Keywords: bone tissue engineering, CAD/CAM, free flap, mandible reconstruction, microvascular

1. INTRODUCTION

Segmental mandibular substance loss is frequently encountered in maxillofacial surgery. To limit the functional consequences and their sociopsychological impact, the objective of reconstruction is to reestablish mandibular continuity and functionality, with the ultimate goal of returning the patient to a predisease state.1 The surgeon has a wide range of techniques available that has continually grown and improved over the past few years. Among these techniques, tissue‐free transfer has become a reliable gold standard for extensive defects2, 3 with an overall success rate uniformly greater than 95% in high‐volume reconstructive centers.2, 4 The variety of donor sites and technical refinements (eg, computer‐assisted surgery [CAS]) have optimized the functional and esthetic outcomes.5 However, the limited amount of available bone and the morbidity of the donor site remain the major limits of this technique.6, 7

Consequently, the current challenge is to find an alternative procedure that is not subject to the drawbacks of autologous bone harvesting with a similar or even higher success rate. Bone tissue engineering (BTE) strategies have demonstrated promising results for segmental defects over the past few years. The use of calcium phosphate (CaP) biomaterials as scaffolds associated with osteogenic cells and cell modulation factors have been described in several cases in which free flap (FF) use was compromised. However, despite these encouraging results, obtaining vascularized scaffold providing reliable bone formation with mechanical properties adapted to the mandibular functions remains a major challenge.8, 9, 10

The objective of this review is to present the current techniques for segmental mandibular defect reconstruction as well as the current state of the research in BTE. The main processes, their recent progress, and the promising results of preclinical studies are exposed.

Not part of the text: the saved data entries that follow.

//! The command `bench`: a script that the program makes, and what is counted over its run.
ghost use Rattle.std.specs.Prelude.{◌≡◌, ◌<◌, ◌≤◌, [], length, IfOk, IfErr};
ghost use Rattle.sdb_stores.specs.Views.{AreDistinct, names_of};
ghost use Rattle.sdb_bench.specs.Counts.{bench_text_of};
ghost use Rattle.sdb_app.specs.Bench.{IsBenchedOn, bench_over};
ghost use Rattle.sdb_app.specs.Ends.{AreKept};
ghost use Rattle.sdb_app.specs.Run.{StopsRun};

use crate::play::play;
use crate::status::Status;
use sdb_bench::laws::runs_are_even;
use sdb_bench::{bench_script, bench_text};
use sdb_model::{Outcome, Script};
use sdb_stores::Registry;
use sdb_types::{Names, NoMemory, Octets};
use std::alloc::Global;

// The script of a bench over stores of these names.
fn script_over(alloc: Global, n: u32, names: &Names) -> Result<Script, NoMemory>
    requires some { 0 < length names.now }
    requires within { n ≤ 20000 }
    ensures { IfOk result (λ script. script ≡ bench_over n names.now) }
{
    match (names.as_slice().first(), names.as_slice().last()) {
        (Some(first), Some(last)) => bench_script(alloc, n, first, last),
        _ => unreachable!(),
    }
}

// The lines of a bench.
fn text_of(alloc: Global, n: u32, outcome: &Outcome) -> Result<Octets, Status>
    ensures ok { IfOk result (λ text. text ≡ bench_text_of n outcome.now) }
    ensures err { IfErr result (λ s. s ≡ Status.NoMemory) }
{
    match bench_text(alloc, n, outcome) {
        Ok(text) => Ok(Octets::from_vec(text.into_bytes())),
        Err(_) => Err(Status::NoMemory),
    }
}

/// Plays the script of a bench of so many transactions over the first and the last store, and returns its five lines.
pub fn bench<S: Registry>(
    alloc: Global,
    stores: &mut S,
    n: u32,
    names: &Names,
) -> Result<Octets, Status>
    requires some { 0 < length (S.state stores.old).views }
    requires unplaced { (S.state stores.old).places ≡ [] }
    requires distinct { AreDistinct (names_of (S.state stores.old).views) }
    requires names { names.now ≡ names_of (S.state stores.old).views }
    requires within { n ≤ 20000 }
    ensures answered { IfOk result (λ text. IsBenchedOn n (S.state stores.old) (S.state stores.new).views text) }
    ensures err { IfErr result (StopsRun (bench_over n (names_of (S.state stores.old).views)) (S.state stores.old) (S.state stores.new).views) }
    ensures kept { AreKept (S.state stores.old) (S.state stores.new) }
{
    runs_are_even();
    let Ok(script) = script_over(alloc, n, names) else {
        return Err(Status::NoMemory);
    };
    match play(alloc, stores, script) {
        Ok(outcome) => text_of(alloc, n, &outcome),
        Err(status) => Err(status),
    }
}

2. CLINICAL CONTEXT AND OBJECTIVES OF SEGMENTAL MANDIBULAR DEFECT RECONSTRUCTION

Segmental mandibular loss can be caused by a number of etiologies3, 11, 12, 13, 14, 15, 16 as detailed in Table 1. Among them, tumor ablative surgery is the most common, followed by facial trauma and more rarely inflammatory or infection diseases.17 Even though the objective is to restore mandibular continuity, the time and reconstructive method can vary.

Table 1.

The most frequent etiologies of segmental mandible defects

Origin
Tumor resection: Malignancies: squamous cell carcinoma (95%), sarcoma, salivary gland carcinoma; benign tumor: ameloblastoma
Trauma: Gunshot, road accident
Osteonecrosis of jaws: Osteoradionecrosis, medication‐related osteonecrosis
Osteomyelitis: Dental infection, autoimmune disease

The particularity in oncological surgery is that it involves several tissues (bone, mucosa, and muscle) and must be anticipated by the reconstructive surgeon. Mandibular reconstruction is therefore planned according to the surgical margins to optimize the results of the procedure. In addition, success and healing are essential because adjuvant irradiation must be performed within 6 weeks of surgery to improve patient survival.2, 18 Thus, the vascularized tissue transfer is the most widely used technique for primary segmental bone reconstruction.

Substance loss due to injury (eg, traffic accidents, gunshot) can cause tear injuries and uncontrolled loss of soft and hard tissues. Several surgical stages are frequently required, and the functional and esthetic results are often uncertain or even disappointing. Nonetheless, many technical possibilities exist for these cases (vascularized tissue free transfer, bone grafting, bone distraction).12, 19

The osteonecrosis of the jaws can also be responsible for mandible loss requiring segmental reconstruction. The particularity of osteoradionecrosis (ORN) is that it occurs in cases with a poor healing potential due to the bone and the soft tissue irradiation.13 Medication‐related osteonecrosis of the jaw (MRONJ) differs in its clinical presentation. Related to the systemic intake of bone antiresorptives (bisphosphonate, denosumab) or antiangiogenics, damage is often less clearly limited than an ORN but with a more favorable surrounding tissue. However, surgery in cases of MRONJ should take into consideration the prognosis of the patient, who is often suffering from metastatic disease. The healing complications usually encountered in ORN and MRONJ make FF the best therapeutic option if segmental reconstruction is required when the medical treatment no longer controls the underlying disease.13, 14, 20

The main objectives of mandibular reconstruction are first to restore chewing, phonation, and breathing functions. Reconstruction should also preserve dental occlusion and the temporomandibular joint, and it should allow dental rehabilitation.21

Finally, the face is an individual's interface with society and the esthetic result should be the best possible. Deformities of the lower part of the facial contour can have major social and psychological repercussions. The stakes of the reconstruction are therefore considerable to limit psychological distress that can lead to isolation and depression.3

3. CLASSIFICATIONS OF SEGMENTAL MANDIBULAR SUBSTANCE LOSS

The main use of the classifications is to assess the characteristics of the defect to define a therapeutic algorithm for the reconstruction.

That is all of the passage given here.